Trade remedies protect domestic businesses against injury caused by dumped or subsidised imports, or unforeseen surges in imports. They usually take the form of ad valorem tariffs. The Trade Remedies Authority (TRA) conducts investigations to determine whether to apply trade remedies on certain imports.
To impose or not to impose, that is the question
Economic theory says free trade leads to increased welfare. Countries can specialise in producing things they are relatively better at making and more things can be produced overall.
Conversely, economists argue that tariffs, including trade remedies, reduce total welfare by increasing trade barriers. Domestic producers benefit from reduced competition from international producers. The government also benefits due to increased tax revenue because . However, the benefits to the government and domestic producers are expected to be outweighed by the costs to domestic consumers who pay higher prices because of tariffs.
So, if trade remedies are expected to reduce total welfare, why would we ever impose them?
The case for trade remedies
Firstly, while the overall economy might benefit from reduced tariffs, some local areas may lose out. Where shrinking industries employ a significant proportion of the local population , a reduction in protection that tariffs afford could result in a localised loss in employment and increased deprivation.
Where imports have been made cheaper due to government subsidies, international producers may have an unfair advantage over domestic producers. Trade remedies may help to correct for distortions caused by subsidies and create a more level playing field between domestic and international producers.
Trade remedies may provide temporary protection and allow industries to adjust to changing circumstances. This is particularly true for safeguard measures which can only be in place for a maximum of eight years and require UK producers to include an adjustment plan showing how they intend to adapt to remain competitive once the measure is removed. It may also be true in cases where a domestic industry needs time to develop, such as with new technologies.
Trade remedies may help to deter or correct for international predatory pricing. This is where a business dumps goods at low prices to force other businesses to exit the market. Such anti-competitive behaviour could lead to lower welfare in the future if they result in fewer businesses. However goods may be dumped for reasons other than predatory pricing and the empirical evidence on predatory pricing is weak.
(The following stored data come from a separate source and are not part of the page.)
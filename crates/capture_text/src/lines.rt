//! The lines of a text.

ghost use Rattle.std.specs.Prelude.{◌≡◌, ◌<◌, ◌+◌, ◌-◌, ◌^◌, ◌==◌, min, [], ◌∷◌};
ghost use Rattle.std.specs.Prelude.{length, IfSome, IsNone};
ghost use Rattle.std.specs.List.{position};
ghost use Rattle.capture_text.specs.Reading.{parts};
ghost use Rattle.capture_text.specs.Header.{cuts};

/// The byte that ends a line.
const LF: u8 = b'\n';

/// What stands between words.
pub(crate) const BLANK: u8 = b' ';

/// Where a byte stands first in a text.
fn place_of(text: &[u8], byte: u8) -> Option<usize>
    ensures { result ≡ position (λ b. b == byte) text.now }
{
    text.iter().position(|b| *b == byte)
}

/// What stands before the first such byte of a text, and what behind it; none where there is none.
#[tactic(auto, using(crate::proofs::Parts::cut_at, crate::proofs::Parts::no_cut))]
pub(crate) fn cut_at(text: &[u8], byte: u8) -> Option<(&[u8], &[u8])>
    ensures some { IfSome result (λ cut. cuts byte text.now ≡ cut.0.now ∷ cuts byte cut.1.now) }
    ensures shorter { IfSome result (λ cut. length cut.1.now < length text.now) }
    ensures none { IsNone result → cuts byte text.now ≡ text.now ∷ [] }
{
    let end = place_of(text, byte)?;
    Some((&text[..end], &text[end + 1..]))
}

/// The first line of a text and what stands behind it; none where no line ends.
pub(crate) fn split_line(text: &[u8]) -> Option<(&[u8], &[u8])>
    ensures some { IfSome result (λ cut. parts text.now ≡ cut.0.now ∷ parts cut.1.now) }
    ensures shorter { IfSome result (λ cut. length cut.1.now < length text.now) }
    ensures none { IsNone result → parts text.now ≡ text.now ∷ [] }
{
    cut_at(text, LF)
}

/// The number of the next line, up to the last value.
pub(crate) fn next_number(number: u32) -> u32
    ensures { result ≡ min (number + 1) (2 ^ 32 - 1) }
{
    number.saturating_add(1)
}
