//! Captures: what the gateway met, as a text of a line for each event, and how it is read.
#![tactic(auto)]

mod capture;
mod header;
mod life;
mod line;
mod lines;
mod number;
mod reading;

pub use capture::{Capture, Event, Life, Line, Lines, Lives};
pub use reading::{CaptureFault, read_capture};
Trade protection can help to promote greater diversity of supply in situations where one country would otherwise have an overwhelming production advantage over others. Recent shocks to the global economy, such as the COVID pandemic and the Russian Invasion of Ukraine, have demonstrated some of the problems caused by over-reliance on individual countries for particular products. Sanctions imposed on Russian exports have led to substantial increases in energy costs due Europe’s dependence on oil and gas from Russia. More diversified supply chains can increase resilience in the face of external shocks. They can also increase the level of competition and reduce the risk of monopolies developing.
Finally, trade remedies can act as a safety valve in certain areas whilst allowing for wider reductions in tariffs and other trade barriers. It is often true that liberalizing trade leads to concentrated losses and dispersed gains. This means the voices arguing against liberalisation may be more entrenched and organised than those in favour even though the benefits are greater than the costs. Trade remedies provide targeted protection which may help ease business concerns about the risks of reducing trade barriers.
How this affects the work of the TRA
While economic theory suggests there are benefits of reducing trade barriers and increasing free trade, there are arguments in favour of trade remedies in some situations. To ensure trade remedies are only used where needed, we conduct an Economic Interest Test on any potential measures to assess whether they are in the interests of the UK economy. We only apply measures for a limited period (up to five years) and review them regularly. We also use the Lesser Duty Rule to ensure that measures are no larger than necessary to correct for the level of dumping/subsidy, or to prevent to injury to UK producers.